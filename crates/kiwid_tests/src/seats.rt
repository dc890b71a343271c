//! What a seat serves, over a listener in memory.
ghost use Rattle.std.specs.Prelude.{IfOk};
ghost use Rattle.kiwid.specs.MemLinks.{IsUnused};

use kiwid::links::{Link, MemListener};
use kiwid::serving::{Served, seated, serve};
use kiwid::session::SessionEnd;
use kw_io::{MemSink, MemSource};
use kw_map::Kiwi;
use kw_model::memory::Memory;
use std::alloc::Global;
use std::process::Abort;
use std::sync::Wait;
use std::test::Fail;
use std::thread::Threads;

/// Room for every text here.
const ROOM: u32 = 4096;

/// What a seat is expected to hand back: how its sessions ended, and the texts that the links have
/// which it took back.
pub(crate) type Handed<'a> = (&'a [SessionEnd], &'a [&'a [u8]]);

/// A listener in memory, whose links have these bytes to read.
pub(crate) fn listener_of(
    alloc: Global,
    inputs: &[&[u8]],
) -> Result<MemListener<MemSource, MemSink>, Memory>
    ensures { IfOk result IsUnused }
{
    let mut links = Vec::new(alloc);
    for bytes in inputs {
        let input = MemSource::new(Vec::from_slice(alloc, bytes)?, Vec::new(alloc));
        let output = MemSink::new(alloc, ROOM, Vec::new(alloc))?;
        links.push(Link { input, output })?;
    }
    MemListener::new(alloc, links)
}

/// Expects that just so many seats have handed back just this.
pub(crate) fn expect_served<R: Abort>(
    rt: &R,
    served: &[Served<MemListener<MemSource, MemSink>>],
    handed: &[Handed],
) {
    assert_eq!(rt; served.len(), handed.len());
    for (done, (ends, texts)) in served.iter().zip(handed) {
        assert_eq!(rt; done.ends.list(), *ends);
        let closed = done.listener.closed();
        assert_eq!(rt; closed.len(), texts.len());
        for (link, text) in closed.iter().zip(*texts) {
            assert_eq!(rt; link.output.written(), *text);
        }
    }
}

/// One seat with links of these bytes, which serves so many of them.
fn serve_one<R: Threads + Wait + Sync>(
    rt: &R,
    alloc: Global,
    inputs: &[&[u8]],
    sessions: u32,
) -> Result<Vec<Served<MemListener<MemSource, MemSink>>>, Memory> {
    let (kiwi, passes) = Kiwi::open(alloc, 64, 1)?;
    let listeners = Vec::from_array(alloc, [listener_of(alloc, inputs)?])?;
    let seats = seated(alloc, passes, listeners)?;
    serve(rt, alloc, &kiwi, seats, sessions)
}

#[test]
fn a_seat_serves_links_in_their_order(rt: HostRuntime) -> Result<(), Fail> {
    let inputs: [&[u8]; 3] = [b"put 5 50\nget 5\n", b"get 5\nwait\nget 5\n", b"get 7"];
    let texts: [&[u8]; 3] = [b"ok\n50\n", b"50\nbad line 2\n", b"none\n"];
    let ends = [SessionEnd::Ended, SessionEnd::Bad(2), SessionEnd::Ended];
    for (sessions, count) in [(0, 0), (1, 1), (2, 2), (3, 3), (4, 3)] {
        let served = serve_one(&rt, rt.alloc(), &inputs, sessions)?;
        expect_served(&rt, &served, &[(&ends[..count], &texts[..count])]);
    }
    Ok(())
}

## Work to complete
Going through the listing above, count the lines in which the word "MemListener" appears, and give only the number.

## Exercise answer
5